But just consider what a JustWorks(tm) app really entails.

You certainly need a good designer with a firm grasp of UX design and making
everything very shiny.

You also most certainly need somebody who will market your app and make sure
it even finds those oh-so-independent office people.

And once your user-base grows to a number high enough to sustain your app at
all, you're going to have to handle them somehow ... because we all know
JustWorks(tm) means a few guys sweating in the background over the next dumb
thing somebody inputs where they weren't supposed to.

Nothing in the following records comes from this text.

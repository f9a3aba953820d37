//! The numbers of documents under their sheets, counted by hand.

ghost use Rattle.std.specs.Prelude.{◌≡◌, ◌≤◌, ◌<◌, ◌+◌, ◌*◌, IfOk, IsTrue};

use evaluation_rows::trees::tree_of;
use marker_engine::census::Census;
use marker_engine::edit_fault::EditFault;
use marker_engine::engine::Engine;
use plain_types::list::List;
use ports::memory_sink::MemorySink;
use std::alloc::Global;
use std::marker::Brand;
use std::sync::ledger::{Blank, Ledger};
use std::test::Fail;
use steps::Steps;

/// A document, its sheet, and how many elements, boxes and lines it has.
type Counted = (&'static str, &'static str, usize, usize, usize);

static NUMBERS: [Counted; 7] = [
    ("<p/>", "", 1, 1, 0),
    // texts are no elements
    ("<ol><li>a</li><li>b</li></ol>", "", 3, 5, 2),
    // an element without a box is one
    (
        r#"<ol><li/><li class="x"/><li/></ol>"#,
        ".x{display:none}",
        4,
        5,
        2,
    ),
    (r#"<ol><li style="display:none"/><li/></ol>"#, "", 3, 3, 1),
    ("<ol><style>li{display:none}</style><li/></ol>", "", 3, 1, 0),
    // an empty text has a box, and a line
    ("<p>a<q/></p>", r#"p::after{content:""}"#, 2, 5, 3),
    (
        r##"<body><section id="s0"><h2>0</h2><ol><li/><li/><li/><li/></ol><p><a href="#s0"/></p></section></body>"##,
        r#"body{counter-reset:s}section{counter-increment:s;counter-reset:i}li{counter-increment:i list-item}h2::before{content:counter(s)". "}li::before{content:counters(i,".")}a::after{content:"("target-counter(attr(href),s)")"}"#,
        10,
        20,
        10,
    ),
];

/// Whether the document of an engine has these numbers. It is shown and counted, each of which takes a step for each
/// element at most. Code cannot read how many steps were taken, so the contract tells it.
fn has_numbers<L: Ledger>(
    alloc: Global,
    engine: &Engine,
    numbers: Census,
    steps: &mut Steps<L>,
) -> Result<bool, Fail>
    ensures steps { IfOk result (λ same. IsTrue same → steps.new ≤ steps.old + 2 * numbers.elements) }
{
    let mut out = MemorySink::new(alloc, 1000, List::new(alloc))?;
    engine.show(alloc, &mut out, steps)?;
    let found = engine.census(steps);
    Ok(found == numbers && found.elements < usize::MAX)
}

/// Whether a document has the numbers that its row says.
fn are_numbers<L: Ledger>(rt: &HostRuntime, blank: Blank, row: &Counted) -> Result<bool, Fail>
    requires name { blank.name ≡ L.name }
    requires parts { blank.parts ≡ L.parts }
    requires some { 0 < L.parts }
{
    let (document, sheet, elements, boxes, lines) = row;
    let alloc = rt.alloc();
    let mut steps = Steps::<L>::open(rt, blank);
    let Some(tree) = tree_of(alloc, document)? else {
        return Ok(false);
    };
    let engine = Engine::start(alloc, tree, sheet, &mut steps)?;
    let numbers = Census {
        elements: *elements,
        boxes: *boxes,
        lines: *lines,
    };
    has_numbers(alloc, &engine, numbers, &mut steps)
}

/// The same, with steps that nobody reads.
fn come_out(rt: &HostRuntime, row: &Counted) -> Result<bool, Fail> {
    are_numbers::<Brand>(rt, Blank::new(1), row)
}

#[test]
fn elements_boxes_and_lines(rt: HostRuntime) -> Result<(), Fail> {
    for (place, row) in NUMBERS.iter().enumerate() {
        assert!(rt; come_out(&rt, row)?, "row {place}");
    }
    Ok(())
}

#[test]
fn messages(rt: HostRuntime) -> Result<(), Fail> {
    for (fault, message) in [
        (EditFault::NoPlace, "the edit has no place in the document"),
        (EditFault::IntoItself, "a node can't be moved into itself"),
        (EditFault::Memory, "out of memory"),
    ] {
        let told = format!(in rt.alloc(); "{fault}")?;
        assert_eq!(rt; told.as_str(), message);
    }
    Ok(())
}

With that consideration in mind, it would seem we are entering the decade of
the scrappy startup.

------
muffinman2010
Please, lets not enter an age of programmers that act like kanye west. I
really hope programmers don't adopt this point of view, I go to an "ivy
league" cs uni, and I'm seeing my peers adopt this douchie ego - were they
think they control the world. I don't completely agree with this article its
taking a very startup / silicon valley approach to the whole argument, the
bigger the company gets the easier it becomes to afford more programmers, I
know it may be hard to believe but there are programmers outside silicon
valley, and most third world countries, india, china, Indonesia , Dubai have
ramped up their post secondary programs, every industry has its bubbles, cs is
now, a year ago it was accountants, its completly normal, doesn't mean we're
gonna rule the world.